# imessage déconnecté



## photophil07 (30 Août 2022)

Bonjour,
Je n'ai plus mes SMS sur mon MacPro. Dans les comptes je vois que celui qui utilise mon adresse mail est inactif, et je ne parviens pas à le reconnecter. Par contre je les reçois bien sur mon ipad.


----------



## hellno.e (3 Septembre 2022)

photophil07 a dit:


> Bonjour,
> Je n'ai plus mes SMS sur mon MacPro. Dans les comptes je vois que celui qui utilise mon adresse mail est inactif, et je ne parviens pas à le reconnecter. Par contre je les reçois bien sur mon ipad.

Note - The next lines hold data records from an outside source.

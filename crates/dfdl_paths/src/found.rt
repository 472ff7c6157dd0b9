// The items of a path: all, how many there are, and the only one.
ghost use Rattle.std.specs.Prelude.{◌≡◌, ◌<◌, ◌^◌, ◌++◌, ℕ, IfOk, OnOk, length, vec_len};
ghost use Rattle.dfdl_paths.specs.Leads.{items};
ghost use Rattle.dfdl_paths.specs.Numbers.{one_if};
ghost use Rattle.dfdl_paths.specs.Spans.{IsSpanOf, items_by, with_item, with_one};
ghost use Rattle.dfdl_paths.specs.Values.{found_of};

use super::course::{course_of, has_item};
use super::place::Start;
use super::reach::Course;
use super::span::span_of;
use super::tree::{Span, one_if};
use dfdl_expressions::Path;
use dfdl_region::Node;
use dfdl_terms::NameNumbers;
use std::alloc::{AllocError, Global};

/// How many items a path leads to, and which one where there is only one.
#[derive(Debug, Clone, Copy, PartialEq, Eq)]
pub enum Found {
    /// none
    None,
    /// the element of this number alone
    One(u32),
    /// more than one
    Several,
}

/// The elements that a path leads to, by their numbers, in the order in which they began. `indexes` are the places that the
/// path's indexes name, counted from 1.
pub fn items(
    alloc: Global,
    names: &NameNumbers,
    nodes: &[Node],
    start: Start,
    path: &Path,
    indexes: &[u64],
) -> Result<Vec<u32>, AllocError>
    requires few { length nodes.now < 2 ^ 32 }
    ensures { IfOk result (λ found. found.items ≡ items names.now nodes.now start path.now indexes.now) }
{
    match course_of(names, nodes, start, path, indexes) {
        None => Ok(Vec::new(alloc)),
        Some(course) => {
            let found = items_in(alloc, &course, span_of(&course))?;
            Ok(found)
        }
    }
}

/// How many elements a path leads to. It takes no memory.
pub fn count_items(
    names: &NameNumbers,
    nodes: &[Node],
    start: Start,
    path: &Path,
    indexes: &[u64],
) -> u64
    requires few { length nodes.now < 2 ^ 32 }
    ensures { result ≡ length (items names.now nodes.now start path.now indexes.now) }
{
    match course_of(names, nodes, start, path, indexes) {
        None => 0,
        Some(course) => count_in(&course, span_of(&course)),
    }
}

/// The element that a path leads to, if it leads to one alone. It takes no memory.
pub fn only_item(
    names: &NameNumbers,
    nodes: &[Node],
    start: Start,
    path: &Path,
    indexes: &[u64],
) -> Found
    requires few { length nodes.now < 2 ^ 32 }
    ensures { result ≡ found_of (items names.now nodes.now start path.now indexes.now) }
{
    match course_of(names, nodes, start, path, indexes) {
        None => Found::None,
        Some(course) => only_in(&course, span_of(&course)),
    }
}

// The elements of a span that steps lead to.
fn items_in(alloc: Global, course: &Course<'_>, span: Span) -> Result<Vec<u32>, AllocError>
    requires few { length course.now.nodes.now < 2 ^ 32 }
    requires span { IsSpanOf course.now span.from span.end }
    ensures { IfOk result (λ found. found.items ≡ items_by course.now) }
{
    let mut found = Vec::new(alloc);
    for number in span.from..span.end {
        push_if(&mut found, has_item(course, number), number)?;
    }
    Ok(found)
}

// Puts a number behind others where a test passes.
fn push_if(found: &mut Vec<u32>, passes: bool, number: u32) -> Result<(), AllocError>
    ensures { OnOk result (found.new.items ≡ found.old.items ++ one_if passes number) }
{
    if passes {
        found.push(number)?;
    }
    Ok(())
}

// How many elements of a span steps lead to.
fn count_in(course: &Course<'_>, span: Span) -> u64
    requires few { length course.now.nodes.now < 2 ^ 32 }
    requires span { IsSpanOf course.now span.from span.end }
    ensures { result ≡ length (items_by course.now) }
{
    let mut count = 0;
    for number in span.from..span.end {
        count += one_if(has_item(course, number));
    }
    count
}

// The only element of a span that steps lead to.
fn only_in(course: &Course<'_>, span: Span) -> Found
    requires few { length course.now.nodes.now < 2 ^ 32 }
    requires span { IsSpanOf course.now span.from span.end }
    ensures { result ≡ found_of (items_by course.now) }
{
    let mut found = Found::None;
    for number in span.from..span.end {
        found = found.with_if(has_item(course, number), number);
    }
    found
}

impl Found {
    // What is found with one element more, where a test passes.
    fn with_if(self, passes: bool, number: u32) -> Found
        ensures { result ≡ with_item self (one_if passes number) }
    {
        if passes {
            return self.with(number);
        }
        self
    }

    fn with(self, number: u32) -> Found
        ensures { result ≡ with_one self number }
    {
        match self {
            Found::None => Found::One(number),
            Found::One(_) => Found::Several,
            Found::Several => Found::Several,
        }
    }
}
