// A path as steps from one place, and whether they lead to an element.
ghost use Rattle.std.specs.Prelude.{◌≡◌, ◌<◌, ◌≤◌, ◌^◌, ℕ, IfSome, IfNone, Some, drop, length};
ghost use Rattle.dfdl_paths.specs.declared.place.Place.{Place as PlaceOf};
ghost use Rattle.dfdl_paths.specs.declared.place.Place.TheVariants.{At};
ghost use Rattle.dfdl_paths.specs.Leads.{begins, follow, only_at};
ghost use Rattle.dfdl_paths.specs.Spans.{LeadsNowhere, reached_by};

use super::place::{Place, Start, begins};
use super::reach::{Course, reaches};
use super::walk::first_reach;
use dfdl_expressions::{Path, Step};
use dfdl_region::Node;
use dfdl_terms::NameNumbers;

/// The steps of a path that are left behind those that lead to one place, from that place on. There are none where the path leads
/// nowhere.
pub(crate) fn course_of<'a>(
    names: &'a NameNumbers,
    nodes: &'a [Node],
    start: Start,
    path: &'a Path,
    indexes: &'a [u64],
) -> Option<Course<'a>>
    requires few { length nodes.now < 2 ^ 32 }
    ensures names { IfSome result (λ course. course.names.now ≡ names.now) }
    ensures nodes { IfSome result (λ course. course.nodes.now ≡ nodes.now) }
    ensures same { IfSome result (λ course. (q : PlaceOf)
        → follow names.now nodes.now (only_at (Some (begins start path.now.absolute))) path.now.steps indexes.now q
        ≡ follow names.now nodes.now (only_at (Some course.from)) course.steps.now course.indexes.now q) }
    ensures none { IfNone result (LeadsNowhere names.now nodes.now (begins start path.now.absolute) path.now.steps indexes.now) }
{
    let steps = path.steps.as_slice();
    match first_reach(names, nodes, begins(start, path.absolute), steps, indexes) {
        None => None,
        Some(reach) => Some(Course {
            names,
            nodes,
            from: reach.place,
            steps: steps_behind(steps, reach.steps),
            indexes: indexes_behind(indexes, reach.indexes),
        }),
    }
}

// The steps behind the first so many.
fn steps_behind(steps: &[Step], count: usize) -> &[Step]
    requires { count ≤ length steps.now }
    ensures { result.now ≡ drop count steps.now }
{
    &steps[count..]
}

// The indexes behind the first so many.
fn indexes_behind(indexes: &[u64], count: usize) -> &[u64]
    ensures { result.now ≡ drop count indexes.now }
{
    if count > indexes.len() {
        return &[];
    }
    &indexes[count..]
}

/// Whether the steps lead to an element.
pub(crate) fn has_item(course: &Course<'_>, number: u32) -> bool
    requires few { length course.now.nodes.now < 2 ^ 32 }
    ensures { result ≡ reached_by course.now (At number) }
{
    reaches(course, course.steps.len(), Place::At(number))
}
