// The number of the innermost occurrence.
ghost use Rattle.std.specs.Prelude.{◌≡◌, ◌<◌, ◌^◌, ℕ, length, slice_get};
ghost use Rattle.dfdl_paths.specs.Elements.{around, place_of, same_row, stand_together};
ghost use Rattle.dfdl_paths.specs.Values.{index_of, is_item_by};

use super::place::Place;
use super::tree::{around, inside_of, one_if};
use dfdl_region::Node;
use dfdl_terms::Items;

/// The place in its array, counted from 1, of the innermost item of an array that an element is or stands in; 1 where there is
/// none.
pub fn occurs_index(items: &Items, nodes: &[Node], inside: u32) -> u64
    requires few { length nodes.now < 2 ^ 32 }
    ensures { result ≡ index_of items.now nodes.now inside }
{
    let mut number = inside;
    let mut left = inside as u64 + 1;
    while left > 0 {
        if is_item(items, nodes, number) {
            return place_of(nodes, number);
        }
        match around(nodes, number) {
            Place::Above => return 1,
            Place::At(outer) => number = outer,
            Place::Inside(_) => return 1,
        }
        left -= 1;
    }
    1
}

// Whether an element is an item of an array.
fn is_item(items: &Items, nodes: &[Node], number: u32) -> bool
    ensures { result ≡ is_item_by items.now (slice_get nodes.now number) }
{
    match nodes.get(number as usize) {
        Some(node) => items.has(node.element),
        None => false,
    }
}

// The place of an item in its array, counted from 1.
fn place_of(nodes: &[Node], number: u32) -> u64
    requires few { length nodes.now < 2 ^ 32 }
    requires there { number < length nodes.now }
    ensures { result ≡ place_of nodes.now number }
{
    let outer = around(nodes, number);
    let mut place = 0;
    for other in inside_of(nodes, outer).from..number + 1 {
        place += one_if(stand_together(nodes, number, outer, other));
    }
    place
}

// Whether two elements are of one row and stand at one place, which is that of the first.
fn stand_together(nodes: &[Node], number: u32, outer: Place, other: u32) -> bool
    requires { outer ≡ around nodes.now number }
    ensures { result ≡ stand_together nodes.now number other }
{
    same_row(nodes, number, other) && outer.is(around(nodes, other))
}

fn same_row(nodes: &[Node], number: u32, other: u32) -> bool
    ensures { result ≡ same_row (slice_get nodes.now number) (slice_get nodes.now other) }
{
    let Some(one) = nodes.get(number as usize) else {
        return false;
    };
    match nodes.get(other as usize) {
        Some(other) => one.element.number() == other.element.number(),
        None => false,
    }
}
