// Whether steps lead to a place.
ghost use Rattle.std.specs.Prelude.{◌≡◌, ◌&&◌, ◌<◌, ◌≤◌, ◌^◌, ℕ, List, Some, drop, length, nat_eq, take};
ghost use Rattle.dfdl_expressions.specs.declared.path.Step.TheVariants.{Down};
ghost use Rattle.dfdl_paths.specs.Elements.{is_named, place_among};
ghost use Rattle.dfdl_paths.specs.Leads.{after, next_index, up};
ghost use Rattle.dfdl_paths.specs.Spans.{behind_all, reached_first};

use super::index::place_among;
use super::place::Place;
use super::tree::{around, is_named};
use super::walk::{index_at, step_at, uses};
use dfdl_expressions::Step;
use dfdl_region::Node;
use dfdl_terms::NameNumbers;

/// Steps from one place over the elements of a document, with the places that their indexes name.
#[derive(Clone, Copy)]
pub(crate) struct Course<'a> {
    pub(crate) names: &'a NameNumbers,
    pub(crate) nodes: &'a [Node],
    pub(crate) from: Place,
    pub(crate) steps: &'a [Step],
    pub(crate) indexes: &'a [u64],
}

/// Whether the first so many steps lead to a place. Each `..` that stands behind a name takes a pass over all elements.
#[cycle(reaching)]
pub(crate) fn reaches(course: &Course<'_>, count: usize, place: Place) -> bool
    requires few { length course.now.nodes.now < 2 ^ 32 }
    requires within { count ≤ length course.now.steps.now }
    ensures { result ≡ reached_first course.now count place }
{
    if count == 0 {
        return course.from.is(place);
    }
    let before = count - 1;
    match step_at(course.steps, before) {
        Step::Here => reaches(course, before, place),
        Step::Up => reaches_up(course, before, place),
        Step::Down { name, indexed } => reaches_down(course, before, name, indexed, place),
    }
}

// Whether `..` leads to a place behind the first so many steps.
#[cycle(reaching)]
fn reaches_up(course: &Course<'_>, before: usize, place: Place) -> bool
    requires few { length course.now.nodes.now < 2 ^ 32 }
    requires within { before ≤ length course.now.steps.now }
    ensures { result ≡ up course.now.nodes.now (reached_first course.now before) place }
{
    for number in 0..course.nodes.len() as u32 {
        if around(course.nodes, number).is(place) {
            if reaches(course, before, Place::At(number)) {
                return true;
            }
        }
    }
    match place {
        Place::Above => false,
        Place::At(number) => reaches(course, before, Place::Inside(number)),
        Place::Inside(_) => false,
    }
}

// Whether a name leads to a place behind the first so many steps.
#[cycle(reaching)]
fn reaches_down(course: &Course<'_>, before: usize, name: u32, indexed: bool, place: Place) -> bool
    requires few { length course.now.nodes.now < 2 ^ 32 }
    requires within { before ≤ length course.now.steps.now }
    ensures { result ≡ after course.now.names.now course.now.nodes.now (Down name indexed)
        (next_index (behind_all (take before course.now.steps.now) course.now.indexes.now))
        (reached_first course.now before) place }
{
    let number = match place {
        Place::Above => return false,
        Place::At(number) => number,
        Place::Inside(_) => return false,
    };
    if !is_named(course.names, course.nodes, name, number) {
        return false;
    }
    if !reaches(course, before, around(course.nodes, number)) {
        return false;
    }
    if !indexed {
        return true;
    }
    is_nth(course, before, name, number)
}

// Whether an element has a name, and among those of the name the place that the index of a step names.
fn is_nth(course: &Course<'_>, at: usize, name: u32, number: u32) -> bool
    requires few { length course.now.nodes.now < 2 ^ 32 }
    requires within { at ≤ length course.now.steps.now }
    ensures { result ≡ (is_named course.now.names.now course.now.nodes.now name number
        && nat_eq (place_among course.now.names.now course.now.nodes.now name number)
        (next_index (behind_all (take at course.now.steps.now) course.now.indexes.now))) }
{
    if !is_named(course.names, course.nodes, name, number) {
        return false;
    }
    place_among(course.names, course.nodes, name, number)
        == index_at(course.indexes, used_by(course.steps, at))
}

// How many indexes the first so many steps have.
fn used_by(steps: &[Step], count: usize) -> usize
    requires { count ≤ length steps.now }
    ensures { (indexes : List ℕ) → behind_all (take count steps.now) indexes ≡ drop result indexes }
{
    let mut used = 0;
    for at in 0..count {
        used += uses(step_at(steps, at));
    }
    used
}
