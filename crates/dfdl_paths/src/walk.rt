// Where the first steps of a path lead, as long as they lead to one place.
ghost use Rattle.std.specs.Prelude.{◌≡◌, ◌<◌, ◌≤◌, ◌^◌, ℕ, List, length, drop, take, false, IfSome, IfNone, Some, slice_get};
ghost use Rattle.dfdl_expressions.specs.declared.path.Step.{Step as StepOf};
ghost use Rattle.dfdl_paths.specs.declared.place.Place.{Place as PlaceOf};
ghost use Rattle.dfdl_paths.specs.Leads.{after, follow, left_behind, only_at, next_index};
ghost use Rattle.dfdl_paths.specs.Spans.{IsNext, IsReach, LeadsNowhere, next_in, outer_of};

use super::index::child_at;
use super::place::Place;
use super::tree::around;
use dfdl_expressions::Step;
use dfdl_region::Node;
use dfdl_terms::NameNumbers;

/// Where a step leads.
#[derive(Debug, Clone, Copy, PartialEq, Eq)]
pub(crate) enum Next {
    /// to no place
    Nowhere,
    /// to this place alone
    One(Place),
    /// to as many places as there are children of a name
    Many,
}

/// Where a step leads from one place, with the place that its index names.
pub(crate) fn next_of(
    names: &NameNumbers,
    nodes: &[Node],
    place: Place,
    step: Step,
    index: u64,
) -> Next
    requires few { length nodes.now < 2 ^ 32 }
    ensures { IsNext names.now nodes.now step index place result }
{
    match step {
        Step::Here => Next::One(place),
        Step::Up => next_in(outer_of(nodes, place)),
        Step::Down {
            name,
            indexed: true,
        } => next_in(child_at(names, nodes, place, name, index)),
        Step::Down { .. } => Next::Many,
    }
}

// Where `..` leads from a place.
fn outer_of(nodes: &[Node], place: Place) -> Option<Place>
    ensures { result ≡ outer_of nodes.now place }
{
    match place {
        Place::Above => None,
        Place::At(number) => outer_at(nodes, number),
        Place::Inside(number) => Some(Place::At(number)),
    }
}

fn outer_at(nodes: &[Node], number: u32) -> Option<Place>
    ensures { result ≡ outer_of nodes.now (PlaceOf.At number) }
{
    if (number as usize) < nodes.len() {
        Some(around(nodes, number))
    } else {
        None
    }
}

fn next_in(place: Option<Place>) -> Next
    ensures { result ≡ next_in place }
{
    match place {
        None => Next::Nowhere,
        Some(place) => Next::One(place),
    }
}

/// The step of a number.
pub(crate) fn step_at(steps: &[Step], at: usize) -> Step
    requires { at < length steps.now }
    ensures { slice_get steps.now at ≡ Some result }
{
    steps[at]
}

/// How many indexes a step has.
pub(crate) fn uses(step: Step) -> usize
    ensures behind { (indexes : List ℕ) → left_behind step indexes ≡ drop result indexes }
    ensures few { result ≤ 1 }
{
    match step {
        Step::Here => 0,
        Step::Up => 0,
        Step::Down { indexed: true, .. } => 1,
        Step::Down { .. } => 0,
    }
}

// The place that an index names; 0 where there is none.
pub(crate) fn index_at(indexes: &[u64], at: usize) -> u64
    ensures { result ≡ next_index (drop at indexes.now) }
{
    match indexes.get(at) {
        Some(index) => *index,
        None => 0,
    }
}

/// Where some steps of a path lead, and how many there are of these and of the indexes that they have.
#[derive(Debug, Clone, Copy, PartialEq, Eq)]
pub(crate) struct Reach {
    pub(crate) place: Place,
    pub(crate) steps: usize,
    pub(crate) indexes: usize,
}

/// The place to which a path leads by its first steps, up to the first that may lead to several places. It is none where the path
/// leads nowhere.
pub(crate) fn first_reach(
    names: &NameNumbers,
    nodes: &[Node],
    begin: Place,
    steps: &[Step],
    indexes: &[u64],
) -> Option<Reach>
    requires few { length nodes.now < 2 ^ 32 }
    ensures some { IfSome result (λ reach. IsReach names.now nodes.now begin steps.now indexes.now reach) }
    ensures none { IfNone result (LeadsNowhere names.now nodes.now begin steps.now indexes.now) }
{
    let mut place = begin;
    let mut used = 0;
    for at in 0..steps.len() {
        let step = step_at(steps, at);
        match next_of(names, nodes, place, step, index_at(indexes, used)) {
            Next::Nowhere => return None,
            Next::One(next) => {
                place = next;
                used += uses(step);
            }
            Next::Many => {
                return Some(Reach {
                    place,
                    steps: at,
                    indexes: used,
                });
            }
        }
    }
    Some(Reach {
        place,
        steps: steps.len(),
        indexes: used,
    })
}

bonjour, pourriez-vous me montrer ce que que vous voyez quand vous allez sur messages ?
recevez vous les messages avec uniquement le numéro de téléphone ?


----------



## photophil07 (12 Septembre 2022)

Bonjour,
Le nom du destinataire est en rouge.
Les comptes sont déconnectés.
La reconnection (se connecter pomme+L) n'a aucun effet.


----------



## photophil07 (14 Septembre 2022)

Impossiblité de se connecter avec mon id apple, même problème avec FaceTime


----------